## What to work on
Please tally the lines in the data below that include the string "Sized", and reply with only the total.

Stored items
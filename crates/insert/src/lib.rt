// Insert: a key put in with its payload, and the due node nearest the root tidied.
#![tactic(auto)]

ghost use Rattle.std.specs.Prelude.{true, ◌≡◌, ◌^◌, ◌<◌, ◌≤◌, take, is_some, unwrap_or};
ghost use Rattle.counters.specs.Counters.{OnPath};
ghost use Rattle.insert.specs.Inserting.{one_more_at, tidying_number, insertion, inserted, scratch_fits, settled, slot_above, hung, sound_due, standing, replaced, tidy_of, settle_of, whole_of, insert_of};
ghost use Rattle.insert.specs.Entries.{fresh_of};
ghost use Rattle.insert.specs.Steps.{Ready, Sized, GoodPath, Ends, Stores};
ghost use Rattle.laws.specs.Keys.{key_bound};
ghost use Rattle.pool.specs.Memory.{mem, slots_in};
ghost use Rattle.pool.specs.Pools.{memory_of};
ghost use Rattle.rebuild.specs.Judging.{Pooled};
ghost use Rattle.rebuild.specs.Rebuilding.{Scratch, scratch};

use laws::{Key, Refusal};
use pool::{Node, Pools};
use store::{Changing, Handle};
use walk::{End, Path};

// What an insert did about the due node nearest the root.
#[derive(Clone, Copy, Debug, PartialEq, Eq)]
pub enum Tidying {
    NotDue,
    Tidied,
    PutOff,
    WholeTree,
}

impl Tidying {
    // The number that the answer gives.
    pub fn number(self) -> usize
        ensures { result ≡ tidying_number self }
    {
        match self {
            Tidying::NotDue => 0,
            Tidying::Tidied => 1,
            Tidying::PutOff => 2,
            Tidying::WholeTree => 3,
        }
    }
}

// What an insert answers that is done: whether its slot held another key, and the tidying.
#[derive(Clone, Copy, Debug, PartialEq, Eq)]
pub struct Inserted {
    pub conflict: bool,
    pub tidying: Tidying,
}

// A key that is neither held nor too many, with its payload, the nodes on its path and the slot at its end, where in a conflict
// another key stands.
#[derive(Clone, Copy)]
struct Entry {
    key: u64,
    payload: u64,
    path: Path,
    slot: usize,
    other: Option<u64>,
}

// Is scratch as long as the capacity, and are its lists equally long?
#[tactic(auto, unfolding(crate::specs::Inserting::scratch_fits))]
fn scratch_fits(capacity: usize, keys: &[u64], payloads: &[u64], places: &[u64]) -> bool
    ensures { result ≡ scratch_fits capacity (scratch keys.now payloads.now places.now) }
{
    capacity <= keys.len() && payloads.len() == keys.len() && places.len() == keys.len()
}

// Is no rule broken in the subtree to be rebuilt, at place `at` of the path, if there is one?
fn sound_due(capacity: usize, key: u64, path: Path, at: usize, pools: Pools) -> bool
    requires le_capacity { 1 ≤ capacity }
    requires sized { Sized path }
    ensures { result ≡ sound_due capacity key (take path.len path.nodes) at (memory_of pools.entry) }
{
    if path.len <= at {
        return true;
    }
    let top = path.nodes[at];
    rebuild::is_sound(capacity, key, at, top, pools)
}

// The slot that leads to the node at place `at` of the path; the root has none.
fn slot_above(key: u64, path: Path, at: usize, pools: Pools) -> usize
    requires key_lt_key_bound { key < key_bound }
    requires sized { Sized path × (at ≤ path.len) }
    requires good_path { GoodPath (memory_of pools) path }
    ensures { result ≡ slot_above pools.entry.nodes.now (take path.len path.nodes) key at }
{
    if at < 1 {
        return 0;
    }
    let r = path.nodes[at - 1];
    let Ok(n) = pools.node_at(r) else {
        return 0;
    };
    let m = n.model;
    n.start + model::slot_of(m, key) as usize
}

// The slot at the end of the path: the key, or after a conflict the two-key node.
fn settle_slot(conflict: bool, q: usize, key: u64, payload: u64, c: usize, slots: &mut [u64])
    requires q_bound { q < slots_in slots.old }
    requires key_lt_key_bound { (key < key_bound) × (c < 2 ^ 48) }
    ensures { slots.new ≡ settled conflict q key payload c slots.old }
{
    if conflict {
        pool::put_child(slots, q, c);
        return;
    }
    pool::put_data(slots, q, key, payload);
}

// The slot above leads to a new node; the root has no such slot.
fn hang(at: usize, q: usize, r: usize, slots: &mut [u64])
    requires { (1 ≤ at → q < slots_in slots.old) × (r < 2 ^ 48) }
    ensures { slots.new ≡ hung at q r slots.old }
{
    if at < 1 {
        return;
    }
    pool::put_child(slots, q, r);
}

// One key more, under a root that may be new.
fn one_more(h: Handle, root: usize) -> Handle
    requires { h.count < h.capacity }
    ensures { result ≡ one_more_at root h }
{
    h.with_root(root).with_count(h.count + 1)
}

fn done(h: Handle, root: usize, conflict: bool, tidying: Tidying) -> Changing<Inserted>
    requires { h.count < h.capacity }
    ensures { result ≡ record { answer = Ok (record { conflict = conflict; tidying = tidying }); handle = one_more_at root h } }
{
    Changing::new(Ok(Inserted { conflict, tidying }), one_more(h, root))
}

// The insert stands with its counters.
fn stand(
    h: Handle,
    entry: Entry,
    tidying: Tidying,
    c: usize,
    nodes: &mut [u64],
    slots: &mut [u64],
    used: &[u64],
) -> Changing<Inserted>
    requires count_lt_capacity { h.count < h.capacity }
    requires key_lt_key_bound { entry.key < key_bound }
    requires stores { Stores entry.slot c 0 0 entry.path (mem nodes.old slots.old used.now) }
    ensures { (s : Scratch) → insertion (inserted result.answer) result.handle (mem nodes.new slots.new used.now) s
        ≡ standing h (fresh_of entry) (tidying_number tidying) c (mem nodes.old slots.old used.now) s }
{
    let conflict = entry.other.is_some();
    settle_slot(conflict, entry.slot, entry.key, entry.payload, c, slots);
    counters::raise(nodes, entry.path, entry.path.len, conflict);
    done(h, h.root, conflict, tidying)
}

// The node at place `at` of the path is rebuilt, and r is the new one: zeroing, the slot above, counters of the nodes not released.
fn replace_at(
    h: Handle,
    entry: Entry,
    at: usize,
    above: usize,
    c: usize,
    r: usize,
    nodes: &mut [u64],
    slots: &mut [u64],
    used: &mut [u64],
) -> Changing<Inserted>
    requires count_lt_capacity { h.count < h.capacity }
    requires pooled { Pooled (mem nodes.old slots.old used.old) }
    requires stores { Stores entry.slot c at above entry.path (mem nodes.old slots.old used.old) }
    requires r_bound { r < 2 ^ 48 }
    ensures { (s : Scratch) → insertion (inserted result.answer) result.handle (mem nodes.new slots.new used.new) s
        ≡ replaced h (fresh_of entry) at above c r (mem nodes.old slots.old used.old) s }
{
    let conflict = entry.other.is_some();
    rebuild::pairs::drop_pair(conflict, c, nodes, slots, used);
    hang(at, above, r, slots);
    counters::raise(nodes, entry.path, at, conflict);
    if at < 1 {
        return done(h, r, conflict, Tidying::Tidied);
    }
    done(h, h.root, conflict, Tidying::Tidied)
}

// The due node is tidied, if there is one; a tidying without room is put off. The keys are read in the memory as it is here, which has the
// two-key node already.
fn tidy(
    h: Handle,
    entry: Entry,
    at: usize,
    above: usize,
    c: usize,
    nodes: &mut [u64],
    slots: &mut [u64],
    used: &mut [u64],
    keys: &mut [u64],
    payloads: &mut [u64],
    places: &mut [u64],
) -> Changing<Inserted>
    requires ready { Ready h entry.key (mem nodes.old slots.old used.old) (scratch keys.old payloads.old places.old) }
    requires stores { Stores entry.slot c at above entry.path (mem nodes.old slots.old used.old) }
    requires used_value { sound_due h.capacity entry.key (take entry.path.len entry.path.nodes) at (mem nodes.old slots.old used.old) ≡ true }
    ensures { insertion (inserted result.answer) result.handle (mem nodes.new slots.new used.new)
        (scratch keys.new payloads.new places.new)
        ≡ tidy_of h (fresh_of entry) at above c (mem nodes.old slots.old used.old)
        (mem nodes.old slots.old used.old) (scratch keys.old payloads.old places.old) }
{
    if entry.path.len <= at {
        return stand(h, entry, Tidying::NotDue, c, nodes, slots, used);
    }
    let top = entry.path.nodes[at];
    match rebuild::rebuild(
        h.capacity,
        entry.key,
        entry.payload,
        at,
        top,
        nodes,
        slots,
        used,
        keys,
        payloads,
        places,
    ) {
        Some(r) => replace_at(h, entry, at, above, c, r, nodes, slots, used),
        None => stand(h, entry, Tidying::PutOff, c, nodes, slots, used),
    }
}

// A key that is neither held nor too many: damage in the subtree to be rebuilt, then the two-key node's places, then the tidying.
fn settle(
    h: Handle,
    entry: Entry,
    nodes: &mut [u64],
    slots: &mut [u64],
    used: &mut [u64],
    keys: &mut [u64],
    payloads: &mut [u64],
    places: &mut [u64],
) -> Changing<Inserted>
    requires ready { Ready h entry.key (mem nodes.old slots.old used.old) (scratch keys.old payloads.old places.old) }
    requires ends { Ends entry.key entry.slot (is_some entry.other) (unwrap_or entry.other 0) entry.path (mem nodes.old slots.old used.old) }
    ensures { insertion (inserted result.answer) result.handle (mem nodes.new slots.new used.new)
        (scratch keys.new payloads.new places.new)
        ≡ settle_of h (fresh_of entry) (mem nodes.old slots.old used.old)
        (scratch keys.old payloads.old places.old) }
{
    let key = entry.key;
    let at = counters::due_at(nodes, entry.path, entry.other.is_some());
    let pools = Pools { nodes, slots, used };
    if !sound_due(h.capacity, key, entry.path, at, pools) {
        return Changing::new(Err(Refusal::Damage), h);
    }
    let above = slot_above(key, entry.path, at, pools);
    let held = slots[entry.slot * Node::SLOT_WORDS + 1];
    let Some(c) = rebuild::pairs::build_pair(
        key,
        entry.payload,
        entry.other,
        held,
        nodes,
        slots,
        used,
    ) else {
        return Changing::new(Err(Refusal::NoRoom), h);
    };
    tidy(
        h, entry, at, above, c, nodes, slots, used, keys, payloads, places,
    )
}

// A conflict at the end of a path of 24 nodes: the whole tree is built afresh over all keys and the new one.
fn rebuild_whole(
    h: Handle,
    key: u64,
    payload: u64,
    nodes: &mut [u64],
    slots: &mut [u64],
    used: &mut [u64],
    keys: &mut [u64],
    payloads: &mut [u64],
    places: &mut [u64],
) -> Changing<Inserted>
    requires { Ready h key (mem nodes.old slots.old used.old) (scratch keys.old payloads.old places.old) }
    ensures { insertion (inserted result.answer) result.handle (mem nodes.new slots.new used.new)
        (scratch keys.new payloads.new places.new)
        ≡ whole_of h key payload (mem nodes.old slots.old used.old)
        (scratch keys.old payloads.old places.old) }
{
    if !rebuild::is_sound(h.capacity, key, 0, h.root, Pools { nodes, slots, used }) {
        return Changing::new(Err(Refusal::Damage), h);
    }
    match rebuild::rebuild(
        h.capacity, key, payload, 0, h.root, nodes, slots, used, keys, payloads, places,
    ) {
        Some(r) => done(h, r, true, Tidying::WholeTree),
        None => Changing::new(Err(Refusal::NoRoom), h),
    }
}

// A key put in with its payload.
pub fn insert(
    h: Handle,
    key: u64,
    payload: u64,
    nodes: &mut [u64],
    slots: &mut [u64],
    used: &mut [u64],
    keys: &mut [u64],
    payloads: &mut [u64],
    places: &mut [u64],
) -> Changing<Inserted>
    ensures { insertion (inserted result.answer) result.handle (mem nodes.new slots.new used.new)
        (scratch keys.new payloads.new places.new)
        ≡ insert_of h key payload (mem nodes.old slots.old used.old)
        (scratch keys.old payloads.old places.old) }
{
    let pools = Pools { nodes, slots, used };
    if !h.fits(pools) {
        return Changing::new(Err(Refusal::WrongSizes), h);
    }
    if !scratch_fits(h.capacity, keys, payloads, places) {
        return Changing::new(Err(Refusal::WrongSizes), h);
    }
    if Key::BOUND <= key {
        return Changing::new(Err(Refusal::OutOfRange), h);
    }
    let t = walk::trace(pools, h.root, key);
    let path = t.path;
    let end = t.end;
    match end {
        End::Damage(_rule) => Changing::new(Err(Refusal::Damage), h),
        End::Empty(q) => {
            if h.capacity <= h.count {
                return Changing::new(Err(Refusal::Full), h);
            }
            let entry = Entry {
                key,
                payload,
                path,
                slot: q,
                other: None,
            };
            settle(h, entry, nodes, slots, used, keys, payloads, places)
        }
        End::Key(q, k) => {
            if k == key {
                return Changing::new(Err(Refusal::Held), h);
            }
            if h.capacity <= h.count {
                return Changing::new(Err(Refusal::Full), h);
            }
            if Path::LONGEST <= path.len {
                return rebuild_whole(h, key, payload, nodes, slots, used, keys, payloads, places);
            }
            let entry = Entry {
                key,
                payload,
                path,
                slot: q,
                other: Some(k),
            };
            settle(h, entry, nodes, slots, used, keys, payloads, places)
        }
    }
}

## Response to the task
3